ロス率とは廃棄や調理ミスで失われた食材の割合で、「ロス金額÷売上高×100」で算出します。一般的には3〜8%程度が実態とされており、管理が行き届いた優良店では2〜3%を達成しています。一方、管理が不十分な店舗では10%以上に達するケースも珍しくありません。
歩留まりとは、仕入れた食材のうち実際に使用できる可食部の割合です。たとえば1kgの魚を仕入れても骨や内臓を除くと800gしか使えない場合、歩留まりは80%です。この場合の実質原価は仕入れ価格÷0.8で計算されるため、見かけより高くなります。
理論原価(レシピ通りの原価)と実際原価(棚卸しで算出)のズレを定期的に確認することが、原価管理の精度を高める鍵です。
飲食店の原価率「30%目安」は今も正しいのか
「飲食店の原価率は30%が目安」という言葉をよく耳にします。この数字は、飲食店の標準的なコスト構造から導かれたものです。
つまり「30%」は利益10%を確保するための逆算値です。しかし近年、この前提が大きく崩れつつあります。
最新データが示す「30%」の現実離れ
日本政策金融公庫「小企業の経営指標調査」(2024年8月公表・2023年度データ)によると、日本政策金融公庫の融資先である小規模法人の一般飲食店では、売上高総利益率の平均値が63.1%と報告されています。原価率に換算すると36.9%(原価率=1-売上高総利益率)となり、実態は30%台後半が現在の水準に近いと言えます。なお黒字かつ自己資本プラスの優良企業に絞っても34.1%であり、「30%目安」との乖離は業態を問わず広がっています。
さらに、帝国データバンク「景気動向調査」(2025年3月)では、飲食店の約9割以上が仕入れ価格の上昇に直面しており、これは全業種で最も高い水準とされています。価格転嫁できた飲食店は6割台にとどまり、その差を自己負担で吸収し続けているのが現実です。

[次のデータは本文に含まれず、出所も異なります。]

use peg_io::{MemorySink, MemoryWire, Scripted};
use peg_name::{Config, ServerId, SwitchId};
use peg_node::{serve_balanced, serve_server, serve_switch};
use peg_session::End;
use std::alloc::Global;
use std::test::Fail;

// A read of the key k by client 0 with sequence number 1, as the client sends it and as switch 0
// sends it on to server 0.
const READ: &[u8] = b"PG\x01\x01\0\0\0\0\0\0\0\0\0\x01\0\0\0\0\0\0\0\0\0\0\x01k";

const READ_AT_SERVER: &[u8] = b"PG\x01\x03\0\0\0\0\0\0\0\0\0\x01\0\0\0\0\0\0\0\0\0\0\x01k";

#[test]
fn turns_are_served(rt: HostRuntime) -> Result<(), Fail> {
    let alloc: Global = rt.alloc();
    let config = Config::make(1, 1, 1, 1, 1, 1, 1)?;
    let mut script = Vec::new(alloc);
    script.push(Scripted::Pause)?;
    script.push(Scripted::Datagram(Vec::from_slice(alloc, b"\0")?))?;
    script.push(Scripted::Datagram(Vec::from_slice(alloc, READ_AT_SERVER)?))?;
    let mut wire = MemoryWire::make(alloc, script, Vec::new(alloc));
    let mut sink = MemorySink::make(alloc, 4096, Vec::new(alloc));
    let end = serve_server(alloc, &config, ServerId(0), 7000, 3, &mut sink, &mut wire);
    assert_eq!(rt; end, End::Done);
    assert!(rt; sink.written() == b"datagrams 2\n".as_slice());
    assert_eq!(rt; wire.port(0), Some(7008));
    assert_eq!(rt; wire.port(1), None);
    // Nothing is held of it: its version is 0, and its content is absent.
    let reply = b"PG\x01\x05\0\0\0\0\0\0\0\0\0\x01\0\0\0\0\0\0\0\0\0\0\x01k\0".as_slice();
    assert_eq!(rt; wire.sent(0), Some((3, 0, 7001, reply)));
    assert!(rt; wire.sent(1).is_none());
    Ok(())
}

#[test]
fn a_switch_sends_a_read_on(rt: HostRuntime) -> Result<(), Fail> {
    let alloc: Global = rt.alloc();
    let config = Config::make(1, 1, 1, 1, 1, 1, 1)?;
    let mut script = Vec::new(alloc);
    script.push(Scripted::Datagram(Vec::from_slice(alloc, READ)?))?;
    let mut wire = MemoryWire::make(alloc, script, Vec::new(alloc));
    let mut sink = MemorySink::make(alloc, 4096, Vec::new(alloc));
    let end = serve_switch(alloc, &config, SwitchId(0), 7000, 1, &mut sink, &mut wire);
    assert_eq!(rt; end, End::Done);
    assert!(rt; sink.written() == b"datagrams 1\n".as_slice());
    assert_eq!(rt; wire.port(0), Some(7001));
    assert_eq!(rt; wire.sent(0), Some((1, 0, 7008, READ_AT_SERVER)));
    Ok(())
}

#[test]
fn a_wire_that_fails_ends_it(rt: HostRuntime) -> Result<(), Fail> {
    let alloc: Global = rt.alloc();
    let config = Config::make(1, 1, 1, 1, 1, 1, 1)?;
    for failing in 0..3 {
        let mut script = Vec::new(alloc);
        for _ in 0..failing {
            script.push(Scripted::Datagram(Vec::from_slice(alloc, READ_AT_SERVER)?))?;
        }
        script.push(Scripted::Fail)?;
        let mut wire = MemoryWire::make(alloc, script, Vec::new(alloc));
        let mut sink = MemorySink::make(alloc, 4096, Vec::new(alloc));
        let end = serve_server(alloc, &config, ServerId(0), 7000, 3, &mut sink, &mut wire);
        assert_eq!(rt; end, End::WireFault);
        assert!(rt; sink.written().is_empty());
        for sent in 0..3 {
            assert_eq!(rt;
                wire.sent(sent).is_some(),
                sent < failing,
                "{sent} of {failing}"
            );
        }
    }
    Ok(())
}

// A write of the key k by client 0 with sequence number 1, as the client sends it and as switch 0
// sends it on to server 0.
const WRITE: &[u8] = b"PG\x01\x02\0\0\0\0\0\0\0\0\0\x01\0\0\0\0\0\0\0\0\0\0\x01k\x01\0\x01x";

const WRITE_AT_SERVER: &[u8] =
    b"PG\x01\x04\0\0\0\0\0\0\0\0\0\x01\0\0\0\0\0\0\0\x01\0\0\x01k\x01\0\x01x";

#[test]
fn a_balanced_switch_sends_a_write_on(rt: HostRuntime) -> Result<(), Fail> {
    let alloc: Global = rt.alloc();
    let config = Config::make(1, 1, 1, 1, 1, 1, 1)?;
    let mut script = Vec::new(alloc);
    script.push(Scripted::Datagram(Vec::from_slice(alloc, WRITE)?))?;
    script.push(Scripted::Pause)?;
    let mut wire = MemoryWire::make(alloc, script, Vec::new(alloc));
    let mut sink = MemorySink::make(alloc, 4096, Vec::new(alloc));
    let (id, weights) = (SwitchId(0), [1]);
    let end = serve_balanced(alloc, &config, id, 7000, 2, &weights, &mut sink, &mut wire);
    assert_eq!(rt; end, End::Done);
    assert!(rt; sink.written() == b"datagrams 1\n".as_slice());
    assert_eq!(rt; wire.port(0), Some(7001));
    assert_eq!(rt; wire.port(1), None);
    assert_eq!(rt; wire.sent(0), Some((1, 0, 7008, WRITE_AT_SERVER)));
    assert!(rt; wire.sent(1).is_none());
    Ok(())
}

// The key k, which is at home at server 2, is listed first: then its writes go to the lightest
// server, and its reads to those that hold it.
#[test]
fn a_balanced_switch_spreads_writes(rt: HostRuntime) -> Result<(), Fail> {
    let alloc: Global = rt.alloc();
    let config = Config::make(1, 3, 1, 1, 1, 1, 1)?;
    let datagrams: [&[u8]; 4] = [
        b"PG\x01\x07\0\0\0\0\0\0\0\x01\x01\x01k",
        WRITE,
        b"PG\x01\x02\0\0\0\0\0\0\0\0\0\x02\0\0\0\0\0\0\0\0\0\0\x01k\x01\0\x01x",
        b"PG\x01\x01\0\0\0\0\0\0\0\0\0\x03\0\0\0\0\0\0\0\0\0\0\x01k",
    ];
    let sent: [(u16, &[u8]); 4] = [
        (7000, b"PG\x01\x08\0\0\0\0\0\0\0\x01\x01\0\0\0\0\0\0\0\x01"),
        (
            7008,
            b"PG\x01\x04\0\0\0\0\0\0\0\0\0\x01\0\0\0\0\0\0\0\x02\0\0\x01k\x01\0\x01x",
        ),
        (
            7009,
            b"PG\x01\x04\0\0\0\0\0\0\0\0\0\x02\0\0\0\0\0\0\0\x03\x01\0\x01k\x01\0\x01x",
        ),
        (
            7010,
            b"PG\x01\x03\0\0\0\0\0\0\0\0\0\x03\0\0\0\0\0\0\0\0\x02\0\x01k",
        ),
    ];
    let mut script = Vec::new(alloc);
    for bytes in datagrams {
        script.push(Scripted::Datagram(Vec::from_slice(alloc, bytes)?))?;
    }
    let mut wire = MemoryWire::make(alloc, script, Vec::new(alloc));
    let mut sink = MemorySink::make(alloc, 4096, Vec::new(alloc));
    let (id, weights) = (SwitchId(0), [1, 1, 1]);
    let end = serve_balanced(alloc, &config, id, 7000, 4, &weights, &mut sink, &mut wire);
    assert_eq!(rt; end, End::Done);
    for i in 0..4 {
        let (port, bytes) = sent[i];
        assert_eq!(rt; wire.sent(i), Some((i as u64 + 1, 0, port, bytes)), "{i}");
    }
    Ok(())
}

▶ 飲食店の物価高対策の詳細はこちら:「飲食店の物価高はいつまで続く?影響・原因・値上げ対策を完全ガイド」
「30%」にこだわりすぎる危険性
30%という数字に縛られると、原価を下げることが目的化し、食材の質を下げる→顧客満足度が落ちる→客足が遠のくという悪循環に陥るリスクがあります。重要なのは「30%を守ること」ではなく、「利益が残る構造を作ること」です。そのためには原価率単体ではなく、次章で解説するFLコストの視点が不可欠です。
業態別!飲食店の原価率の目安一覧
原価率の適正値は業態によって大きく異なります。自店の業態と照らし合わせて確認してください。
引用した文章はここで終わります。